◆ **TASK STATEMENT**
Check every line of the data below for the string "entries", and copy the ones that hold it.

◆ **Dataset excerpts**
== Segment start ==
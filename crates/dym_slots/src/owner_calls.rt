//! What the owner does.
ghost use Rattle.std.specs.Prelude.{◌≡◌, ℕ, ◌+◌, ◌<◌, ◌≤◌, ◌++◌, None, Some, length, take, drop, vec_len, vec_capacity};
ghost use Rattle.dym_base.specs.Origins.{shared};
ghost use Rattle.dym_base.specs.declared.limits.TheConstants.{LOG_SLOTS, RECORD_ROOM, COUNT_LIMIT};
ghost use Rattle.dym_slots.specs.declared.machine.TheConstants.{RECORD_NUMBERS};
ghost use Rattle.dym_slots.specs.Slots.{entry};
ghost use Rattle.dym_slots.specs.SeatViews.{owner_of, newest_of, older_of};
ghost use Rattle.dym_slots.specs.Moves.{SitsAt, IsIdleOwner, Seized};
ghost use Rattle.dym_slots.specs.Meanings.{record_at, with_record, up_to, from, first_number, NumbersRise};
ghost use Rattle.dym_slots.specs.Orders.{Stands, slot_at, HasLeft, retired};
ghost use Rattle.std.specs.List.Sorted.{IsPermutation};

use crate::owner::Owner;
use crate::owner_steps::{bring_back, free_newest, put_into, raise_root, seize_either, take_out};
use crate::root_note::{Notes, RootNote};
use crate::rule::{LogSeat, Slots};
use dym_base::limits::LOG_SLOTS;
use dym_pack::Record;

/// How many of the other slots `put` takes before those that the last `raise` let go.
const SPARE_SLOTS: usize = 8;

impl Owner {
    /// How many records the list has.
    pub fn len(&self) -> u32
        ensures { result ≡ length self.now.records }
    {
        self.numbers.len() as u32
    }

    /// The number of the record at a place.
    pub fn number_at(&self, place: u32) -> u64
        requires { place < length self.now.records }
        ensures { result ≡ (record_at self.now.records place).number }
    {
        self.numbers[place as usize]
    }

    /// The number that the next record gets. Numbers rise along the list, and all are below it.
    pub fn made(&self) -> u64
        ensures made { result ≡ self.now.made }
        ensures rise { NumbersRise self.now.records self.now.made }
    {
        self.made
    }

    /// Appends a record, and answers its number. It looks at two slots at most, and reuses a record's that was let go.
    pub fn put(&mut self, rec: Record) -> u64
        requires room { length self.old.records < RECORD_ROOM }
        requires made { self.old.made < COUNT_LIMIT }
        requires idle { self.old.lifted ≡ None }
        ensures number { result ≡ self.old.made }
        ensures after { self.new ≡ with_record self.old rec }
    {
        let number = self.made;
        let slot = hold_spare(
            &self.table.shared,
            &mut self.seat,
            &mut self.order,
            &self.numbers,
            number,
        );
        put_into(&self.table.shared, &mut self.seat, slot, number, rec);
        self.numbers.push_reserved(number);
        self.made += 1;
        number
    }

    /// Takes out the record at a place, for `lower` to bring back.
    pub fn lift(&mut self, place: u32) -> Record
        requires place { place < length self.old.records }
        requires idle { self.old.lifted ≡ None }
        ensures bytes { result ≡ (record_at self.old.records place).bytes }
        ensures after { self.new ≡ record self.old { lifted = Some place } }
    {
        let slot = self.order[place as usize] as u32;
        let number = self.numbers[place as usize];
        let rec = take_out(&self.table.shared, &mut self.seat, slot, number);
        self.lifted = Some(place);
        rec
    }

    /// Brings back the record that is out.
    pub fn lower(&mut self, place: u32, rec: Record)
        requires lifted { self.old.lifted ≡ Some place }
        requires bytes { rec ≡ (record_at self.old.records place).bytes }
        ensures after { self.new ≡ record self.old { lifted = None } }
    {
        let slot = self.order[place as usize] as u32;
        let number = self.numbers[place as usize];
        bring_back(&self.table.shared, &mut self.seat, slot, number, rec);
        self.lifted = None;
    }

    /// Removes the records after a place.
    pub fn drop_after(&mut self, place: u32)
        requires place { place < length self.old.records }
        requires idle { self.old.lifted ≡ None }
        ensures after { self.new ≡ up_to self.old place }
    {
        let kept = place as usize + 1;
        drop_down(
            &self.table.shared,
            &mut self.seat,
            &self.order,
            &self.numbers,
            kept,
        );
        self.numbers.truncate(kept);
    }

    /// Removes the records before a place, for the sweeper to take back: the number at that place becomes the root.
    pub fn raise(&mut self, place: u32)
        requires place { place < length self.old.records }
        requires idle { self.old.lifted ≡ None }
        ensures after { self.new ≡ from self.old place }
    {
        let number = self.numbers[place as usize];
        raise_root(&self.table.shared, &mut self.seat, number);
        let next_spares = (self.numbers.len() + SPARE_SLOTS).min(LOG_SLOTS as usize);
        retire(&mut self.order, next_spares, place as usize);
        remove_first(&mut self.numbers, place as usize);
    }

    /// A note that all records below the first one of the list were let go, for the sweeper of this table.
    pub fn note(&mut self) -> RootNote
        ensures same { self.new ≡ self.old }
        ensures table { self.old.origin ≡ shared result.table }
        ensures root { result.root ≡ first_number self.old.records self.old.made }
    {
        let seat = self.table.shared.split_seat::<Notes>(&mut self.seat);
        RootNote { seat }
    }
}

/// Takes a slot past the list's for the next number, and puts it right behind these.
fn hold_spare(
    table: &Slots,
    seat: &mut LogSeat,
    order: &mut Vec<u16>,
    numbers: &Vec<u64>,
    made: u64,
) -> u32
    requires table { SitsAt table.now.table_id seat.old.table_id }
    requires stands { Stands order.old.items numbers.now.items made seat.old.me }
    requires idle { IsIdleOwner seat.old.me }
    requires room { length numbers.now.items < RECORD_ROOM }
    requires number { made < RECORD_NUMBERS }
    ensures table { seat.new.table_id ≡ seat.old.table_id }
    ensures stands { Stands order.new.items numbers.now.items made seat.old.me }
    ensures slot { result ≡ slot_at order.new.items (length numbers.now.items) }
    ensures seized { Seized result seat.old.me seat.new.me }
{
    let place = numbers.len();
    let (first, second) = (order[place] as u32, order[place + 1] as u32);
    if seize_either(table, seat, first, second, made) {
        return first;
    }
    order.swap(place, place + 1);
    second
}

/// Removes the newest entries, until so many are left.
fn drop_down(table: &Slots, seat: &mut LogSeat, order: &Vec<u16>, numbers: &Vec<u64>, kept: usize)
    requires table { SitsAt table.now.table_id seat.old.table_id }
    requires stands { (made : ℕ) × Stands order.now.items numbers.now.items made seat.old.me }
    requires idle { IsIdleOwner seat.old.me }
    requires kept { (0 < kept) × (kept ≤ length numbers.now.items) }
    ensures table { seat.new.table_id ≡ seat.old.table_id }
    ensures after { HasLeft (take kept (owner_of seat.old.me.0).list) seat.old.me seat.new.me }
{
    let mut last = numbers.len();
    while last > kept {
        last -= 1;
        drop_newest(table, seat, order[last] as u32, numbers[last]);
    }
}

/// Removes the newest entry, and gives its record's memory back.
#[tactic(auto, using(crate::proofs::OwnerSays::newest_listed))]
fn drop_newest(table: &Slots, seat: &mut LogSeat, slot: u32, number: u64)
    requires table { SitsAt table.now.table_id seat.old.table_id }
    requires idle { IsIdleOwner seat.old.me }
    requires older { 1 < length (owner_of seat.old.me.0).list }
    requires newest { (newest_of (owner_of seat.old.me.0).list).entry ≡ entry slot number }
    requires slot { slot < LOG_SLOTS }
    requires number { number < RECORD_NUMBERS }
    ensures table { seat.new.table_id ≡ seat.old.table_id }
    ensures after { HasLeft (older_of (owner_of seat.old.me.0).list) seat.old.me seat.new.me }
{
    drop(take_out(table, seat, slot, number));
    free_newest(table, seat, slot);
}

/// Moves the first slots, whose entries leave the list, behind the others that are near: all of the list's, and a few spare ones.
fn retire(order: &mut [u16], next_spares: usize, place: usize)
    requires next_spares { next_spares ≤ length order.old }
    requires place { place ≤ next_spares }
    ensures after { order.new ≡ retired next_spares place order.old }
    ensures permutation { IsPermutation order.old order.new }
{
    turn(&mut order[..next_spares], place);
}

/// Moves the first slots behind the others. They are few, so that three reversals cost less than `rotate_left`, which clears a
/// room of 4 KiB at each call.
fn turn(slots: &mut [u16], place: usize)
    requires { place ≤ length slots.old }
    ensures { slots.new ≡ drop place slots.old ++ take place slots.old }
{
    slots[..place].reverse();
    slots[place..].reverse();
    slots.reverse();
}

/// Removes the first so many numbers.
fn remove_first(numbers: &mut Vec<u64>, count: usize)
    requires { count ≤ vec_len numbers.old }
    ensures items { numbers.new.items ≡ drop count numbers.old.items }
    ensures capacity { vec_capacity numbers.new ≡ vec_capacity numbers.old }
{
    let left = numbers.len() - count;
    numbers.copy_within(count.., 0);
    numbers.truncate(left);
}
== Segment end ==
◆ **ANSWER SECTION**
/// Removes the newest entries, until so many are left.
/// Moves the first slots, whose entries leave the list, behind the others that are near: all of the list's, and a few spare ones.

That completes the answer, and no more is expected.